Penelitian tentang pengaruh genetik terhadap perilaku manusia
Telah banyak penelitian yang dilakukan untuk menjawab hal tersebut. Tetapi tetap saja belum ada jawaban yang pasti sampai sekarang. Hal ini terjadi karena sangat susah untuk mengetahui seberapa besar gen dan lingkungan mempengaruhi seseorang dalam berperilaku, mengambil keputusan, atau melakukan kebiasaannya. Penelitian-penelitian tersebut bahkan telah dilakukan pada berbagai objek, seperti anak kembar identik dan fratenal, bahkan pada kelompok orang yang memiliki sindrom mental.
Sebuah riset lain juga telah dilakukan dan melibatkan penderita sindrom Williams. Sindrom ini cukup langka dan menyebabkan penderitanya mengalami berbagai kekurangan, yaitu gangguan belajar sesuatu, mempunyai kepribadian yang unik, kemampuan intelektual juga rendah. Tidak hanya masalah pada kemampuan psikis saja, sindrom Williams ini menyebabkan penderitanya mengalami penyakit jantung dan pembuluh darah. Kemudian para peneliti dalam penelitian tersebut mengukur kemampuan otak responden mereka dengan melakukan berbagai tes, seperti tes kemampuan bahasa dan kemampuan mengingat.

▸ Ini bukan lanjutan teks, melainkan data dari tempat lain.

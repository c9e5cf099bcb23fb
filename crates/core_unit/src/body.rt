//! Bodies of functions: statements, block variables and their initializers.

use crate::expressions::{Expr, Storage};
use eff_types::CType;
use sqlite_items::{Boxed, Items};

/// Whether the expression that initializes a scalar stands in braces (C17 6.7.9).
#[derive(Clone, Copy)]
pub enum Braces {
    Bare,
    Braced,
}

/// An initializer (C17 6.7.9).
#[derive(Drop)]
pub enum Initializer {
    /// None is written. This many words are undefined where the variable is automatic.
    Absent(u32),
    /// An expression, which has the type of the scalar.
    Value(Braces, Expr),
    /// Those of the first members or elements, in order, and how many zero words follow.
    List(Items<Initializer>, u32),
    /// The bytes of a string that a `char` array takes, and how many zero words follow.
    Text(Items<u8>, u32),
    /// `{0}`, which zeroes any object, of this many words.
    Zeros(u32),
    /// `PTHREAD_MUTEX_INITIALIZER`.
    Mutex,
}

/// A block variable.
#[derive(Drop)]
pub struct LocalVariable {
    /// The byte offset of the declared name.
    pub place: u32,
    pub storage: Storage,
    pub kind: CType,
    pub initializer: Initializer,
}

/// A loop with a condition alone (C17 6.8.5).
#[derive(Clone, Copy)]
pub enum LoopKind {
    While,
    DoWhile,
}

/// A statement (C17 6.8), or a declared variable among those of a block.
#[derive(Drop)]
pub enum Stmt {
    Block(Items<Stmt>),
    Variable(LocalVariable),
    Empty,
    Expression(Expr),
    /// The condition, the statement behind it, and at most one behind `else`.
    If(Expr, Boxed<Stmt>, Items<Stmt>),
    Loop(LoopKind, Expr, Boxed<Stmt>),
    /// What it begins with, which is declared variables or at most one expression; its condition; what ends each turn; its body.
    For(Items<Stmt>, Option<Expr>, Option<Expr>, Boxed<Stmt>),
    Break,
    Continue,
    /// Without a value, or with one of the function's result type.
    Return(Option<Expr>),
}

/// The body of a function: what stands in its outermost block.
#[derive(Drop)]
pub struct Body {
    pub items: Items<Stmt>,
}
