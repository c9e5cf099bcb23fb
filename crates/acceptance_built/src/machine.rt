//! Code and its threads: a thread over code made by hand, and compiled units made by hand, in which `main` is function 0
//! and `f` is function 1.

ghost use Rattle.std.specs.Prelude.{◌≡◌, ◌<◌, ◌≤◌, length, IfOk};

use built_code::words::HALT;
use built_code::{
    Ask, Code, EntryList, Finish, Instruction, InstructionList, Thread, TrapKind, Turned,
};
use built_codegen::{CompileRefusal, compile};
use built_unit::{Body, FunctionInfo, FunctionList, Name, NumberList, SiteInfo, SiteList, Unit};
use eff_types::{Effects, Level};
use std::alloc::{AllocError, Global};
use std::test::Fail;

const MAIN: u32 = 0;

const F: u32 = 1;

/// An event by a letter and its numbers; a dot for one that no unit here makes.
fn shown(ask: Ask) -> (char, u32, u64) {
    match ask {
        Ask::Load(at) => ('l', at, 0),
        Ask::Store(at, word) => ('s', at, word),
        Ask::Enter(function, site) => ('e', function, u64::from(site)),
        Ask::Leave => ('v', 0, 0),
        Ask::Reach(function, site) => ('r', function, u64::from(site)),
        Ask::Trap(TrapKind::StackOverflow) => ('t', 0, 0),
        Ask::Over(Finish::Exited(number)) => ('x', number.cast_unsigned(), 0),
        Ask::Over(Finish::Halted) => ('h', 0, 0),
        Ask::Over(_)
        | Ask::Trap(_)
        | Ask::Exchange(_, _, _)
        | Ask::FetchAdd(_, _)
        | Ask::FetchSub(_, _)
        | Ask::Create(_, _)
        | Ask::Out(_) => ('.', 0, 0),
    }
}

/// The code of one function that returns 7.
fn seven(alloc: Global) -> Result<Code, AllocError> {
    let mut instructions = InstructionList::new(alloc);
    instructions.push(Instruction::SetValue(7))?;
    instructions.push(Instruction::LeaveFunction)?;
    let mut entries = EntryList::new(alloc);
    entries.push(Some(0))?;
    Ok(Code::new(instructions, entries, 0))
}

/// The events of that code, and its exit.
const EVENTS_OF_SEVEN: [(char, u32, u64); 5] = [
    ('l', HALT, 0),
    ('e', 0, 0),
    ('v', 0, 0),
    ('s', HALT, 1),
    ('x', 7, 0),
];

/// The events of a call of a function that is marked `blocking`, and its exit.
const EVENTS_OF_A_BLOCKING_CALL: [(char, u32, u64); 9] = [
    ('l', HALT, 0),
    ('e', MAIN, 0),
    ('l', HALT, 0),
    ('e', F, 1),
    ('r', F, 1),
    ('v', 0, 0),
    ('v', 0, 0),
    ('s', HALT, 1),
    ('x', 0, 0),
];

/// Whether the thread makes these events, each answered by 0.
fn makes(thread: &mut Thread, code: &Code, events: &[(char, u32, u64)]) -> bool {
    for event in events {
        if shown(thread.next(code)) != *event {
            return false;
        }
        thread.answer(code, 0);
    }
    true
}

#[test]
fn thread_zero_exits_with_the_number_that_it_returns(rt: HostRuntime) -> Result<(), Fail> {
    let code = seven(rt.alloc())?;
    let mut thread = Thread::blank(rt.alloc())?;
    assert!(rt; shown(thread.next(&code)) == ('h', 0, 0));
    thread.start(0, 0, &[]);
    assert!(rt; makes(&mut thread, &code, &EVENTS_OF_SEVEN));
    Ok(())
}

fn body(alloc: Global, call: u32, returns: Option<u32>) -> Result<Body, AllocError> {
    let mut calls = NumberList::new(alloc);
    calls.push(call)?;
    Ok(Body { calls, returns })
}

fn function(
    alloc: Global,
    name: &str,
    blocking: bool,
    body: Option<Body>,
) -> Result<FunctionInfo, AllocError> {
    let name = Name::new(alloc, name)?;
    let effects = Effects {
        level: Level::Plain,
        no_block_inference: blocking,
        no_alloc_inference: false,
    };
    Ok(FunctionInfo {
        name,
        effects,
        place: 0,
        body,
    })
}

/// `main` calls `f` at site 1 and returns 0; the body of `f` is given.
fn unit(alloc: Global, blocking: bool, inner: Option<Body>) -> Result<Unit, AllocError> {
    let mut functions = FunctionList::new(alloc);
    functions.push(function(alloc, "main", false, Some(body(alloc, 1, Some(0))?))?)?;
    functions.push(function(alloc, "f", blocking, inner)?)?;
    let mut sites = SiteList::new(alloc);
    sites.push(SiteInfo {
        function: MAIN,
        place: 10,
        direct: Some(F),
    })?;
    sites.push(SiteInfo {
        function: F,
        place: 20,
        direct: Some(F),
    })?;
    Ok(Unit::new(functions, sites))
}

fn compiled(alloc: Global, unit: &Unit) -> Result<Code, Fail> {
    Ok(
        compile(alloc, unit, "main")
            .ok()
            .ok_or("the unit was refused")?,
    )
}

#[test]
fn a_blocking_callee_is_reached_when_it_is_entered(rt: HostRuntime) -> Result<(), Fail> {
    let empty = Body {
        calls: NumberList::new(rt.alloc()),
        returns: None,
    };
    let unit = unit(rt.alloc(), true, Some(empty))?;
    let code = compiled(rt.alloc(), &unit)?;
    assert!(rt; code.entry() == MAIN);
    let mut thread = Thread::blank(rt.alloc())?;
    thread.start(0, code.entry(), &[]);
    assert!(rt; makes(&mut thread, &code, &EVENTS_OF_A_BLOCKING_CALL));
    Ok(())
}

#[test]
fn a_recursion_stands_at_256_frames(rt: HostRuntime) -> Result<(), Fail> {
    let inner = body(rt.alloc(), 2, None)?;
    let unit = unit(rt.alloc(), false, Some(inner))?;
    let code = compiled(rt.alloc(), &unit)?;
    let mut thread = Thread::blank(rt.alloc())?;
    thread.start(0, code.entry(), &[]);
    // 256 functions are entered, each after a load of halt, and one more load comes
    for _ in 0..513 {
        assert!(rt; matches!(thread.next(&code), Ask::Load(_) | Ask::Enter(_, _)));
        thread.answer(&code, 0);
    }
    assert!(rt; shown(thread.next(&code)) == ('t', 0, 0));
    Ok(())
}

#[test]
fn a_missing_definition_and_a_missing_entry_are_refused(rt: HostRuntime) -> Result<(), Fail> {
    let unit = unit(rt.alloc(), false, None)?;
    assert!(rt;
        matches!(
            compile(rt.alloc(), &unit, "main"),
            Err(CompileRefusal::Undefined(F))
        )
    );
    assert!(rt;
        matches!(
            compile(rt.alloc(), &unit, "f"),
            Err(CompileRefusal::NoEntry)
        )
    );
    Ok(())
}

Peneliti mencoba untuk mengerti dan menemukan hubungan antara gen dan perilaku dengan melihat perilaku pada penderita sindrom Williams. Lalu, mereka berhasil menemukan adanya perbedaan sistem kerja otak pada penderita Williams dibandingkan dengan orang yang normal. Hal ini menyatakan bahwa memang genetik bisa berpengaruh pada perilaku dan kehidupan sosial seseorang. Namun hal mengejutkan muncul dari hasil penelitian tersebut, yaitu diketahui bahwa otak pada penderita sindrom Williams kembali bekerja dengan normal setelah mereka beranjak dewasa. Dan peneliti pun menyatakan bahwa terdapat pengaruh lingkungan pada penderita sindrom Williams.

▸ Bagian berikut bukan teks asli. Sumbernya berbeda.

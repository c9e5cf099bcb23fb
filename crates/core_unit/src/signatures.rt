//! The types of the library's functions.

ghost use Rattle.std.specs.Prelude.{◌≡◌, ◌<◌, ◌++◌, Some, IfOk, map};
ghost use Rattle.core_unit.specs.Library.{row_type as type_of_row};
ghost use Rattle.core_unit.specs.Library as spec;
ghost use Rattle.core_unit.specs.Shapes.{pointer_to};

use eff_types::{CType, Effects, FnType, Level, TypeList};
use sqlite_items::{Boxed, Items};
use std::alloc::{AllocError, Global};

/// A type in the signature of a library function.
#[derive(Clone, Copy)]
enum LibType {
    Void,
    Int,
    Unsigned,
    VoidPointer,
    CharPointer,
    UnsignedPointer,
    MutexPointer,
    VoidPointerPointer,
    /// `void *(*)(void *)`.
    ThreadStart,
}

/// The result and the parameters of a library function.
struct Signature {
    result: LibType,
    params: &'static [LibType],
}

static SIGNATURES: [Signature; 15] = [
    Signature {
        result: LibType::VoidPointer,
        params: &[LibType::Unsigned],
    },
    Signature {
        result: LibType::VoidPointer,
        params: &[LibType::Unsigned, LibType::Unsigned],
    },
    Signature {
        result: LibType::Void,
        params: &[LibType::VoidPointer],
    },
    Signature {
        result: LibType::Int,
        params: &[
            LibType::UnsignedPointer,
            LibType::VoidPointer,
            LibType::ThreadStart,
            LibType::VoidPointer,
        ],
    },
    Signature {
        result: LibType::Int,
        params: &[LibType::Unsigned, LibType::VoidPointerPointer],
    },
    Signature {
        result: LibType::Int,
        params: &[LibType::MutexPointer],
    },
    Signature {
        result: LibType::Int,
        params: &[LibType::MutexPointer],
    },
    Signature {
        result: LibType::Int,
        params: &[LibType::Unsigned],
    },
    Signature {
        result: LibType::Int,
        params: &[LibType::CharPointer],
    },
    Signature {
        result: LibType::Int,
        params: &[LibType::Int],
    },
    Signature {
        result: LibType::Int,
        params: &[LibType::Int],
    },
    Signature {
        result: LibType::Void,
        params: &[],
    },
    Signature {
        result: LibType::Void,
        params: &[],
    },
    Signature {
        result: LibType::Void,
        params: &[LibType::Int],
    },
    Signature {
        result: LibType::Void,
        params: &[],
    },
];

#[tactic(auto, using(crate::proofs::Signed::pointer_is))]
fn pointer(alloc: Global, target: CType) -> Result<CType, AllocError>
    ensures { IfOk result (λ t. t ≡ pointer_to target) }
{
    Ok(CType::Pointer(Boxed::new(alloc, target)?))
}

/// A type without effects.
fn function(given: Boxed<CType>, params: TypeList) -> FnType
    ensures { result ≡ spec.takes given params }
{
    FnType {
        result: given,
        params,
        effects: Effects {
            level: Level::Plain,
            no_block_inference: false,
            no_alloc_inference: false,
        },
    }
}

/// `void *(void *)`, what a thread begins with.
fn thread_start(alloc: Global) -> Result<CType, AllocError>
    ensures { IfOk result (λ t. t ≡ spec.thread_start) }
{
    let mut params = Items::new(alloc);
    params.push(pointer(alloc, CType::Void)?)?;
    let given = Boxed::new(alloc, pointer(alloc, CType::Void)?)?;
    Ok(CType::Function(function(given, params)))
}

fn made(alloc: Global, kind: LibType) -> Result<CType, AllocError>
    ensures { IfOk result (λ t. t ≡ spec.made kind) }
{
    match kind {
        LibType::Void => Ok(CType::Void),
        LibType::Int => Ok(CType::Int),
        LibType::Unsigned => Ok(CType::Unsigned),
        LibType::VoidPointer => pointer(alloc, CType::Void),
        LibType::CharPointer => pointer(alloc, CType::Char),
        LibType::UnsignedPointer => pointer(alloc, CType::Unsigned),
        LibType::MutexPointer => pointer(alloc, CType::Mutex),
        LibType::VoidPointerPointer => pointer(alloc, pointer(alloc, CType::Void)?),
        LibType::ThreadStart => pointer(alloc, thread_start(alloc)?),
    }
}

fn all_made(alloc: Global, kinds: &[LibType]) -> Result<TypeList, AllocError>
    ensures { IfOk result (λ ts. ts ≡ map spec.made kinds.now) }
{
    let mut types = Items::new(alloc);
    'each: for kind in kinds {
        types.push(made(alloc, *kind)?)?;
    }
    Ok(types)
}

fn signatures() -> &'static [Signature]
    ensures { map spec.signed result.now ≡ spec.row_types }
{
    &SIGNATURES
}

fn signature_of(row: u32) -> &'static Signature
    requires { row < 15 }
    ensures { type_of_row row ≡ Some (spec.signed result.now) }
{
    &signatures()[row as usize]
}

/// The type of the function of a library row, which counts from 0. The one error is that no memory is left.
pub fn row_type(alloc: Global, row: u32) -> Result<FnType, AllocError>
    requires { row < 15 }
    ensures { IfOk result (λ f. type_of_row row ≡ Some f) }
{
    let signature = signature_of(row);
    let params = all_made(alloc, signature.params)?;
    let given = Boxed::new(alloc, made(alloc, signature.result)?)?;
    Ok(function(given, params))
}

Lingkungan tidak kalah penting dalam menentukan perilaku
Penelitian lain malah menyatakan bahwa perilaku antisosial seseorang telah ada di dalam gen orang tersebut, hal ini berarti menyatakan bahwa antisosial adalah bawaan dari lahir. Penelitian yang dilakukan pada 1300 anak remaja yang berumur 17 hingga 18 tahun di Swedia ini menemukan bahwa pada anak yang cenderung anti dengan kehidupan sosial, pasif, serta menarik diri dari lingkungan memiliki lebih banyak monoamine oxidase A (MAOA), yaitu sejenis zat perantara yang ada di sistem saraf yang berfungsi untuk mengantarkan sinyal antar sel saraf.
Dari penelitian ini juga ditemukan bahwa remaja yang memiliki MAOA tinggi tersebut mempunyai pengalaman kekerasan di masa kecilnya. Maka dapat disimpulkan bahwa genetik memang mempengaruhi perilaku seseorang tapi hal itu tidak terlepas dari lingkungan serta pengalaman yang pernah dialaminya.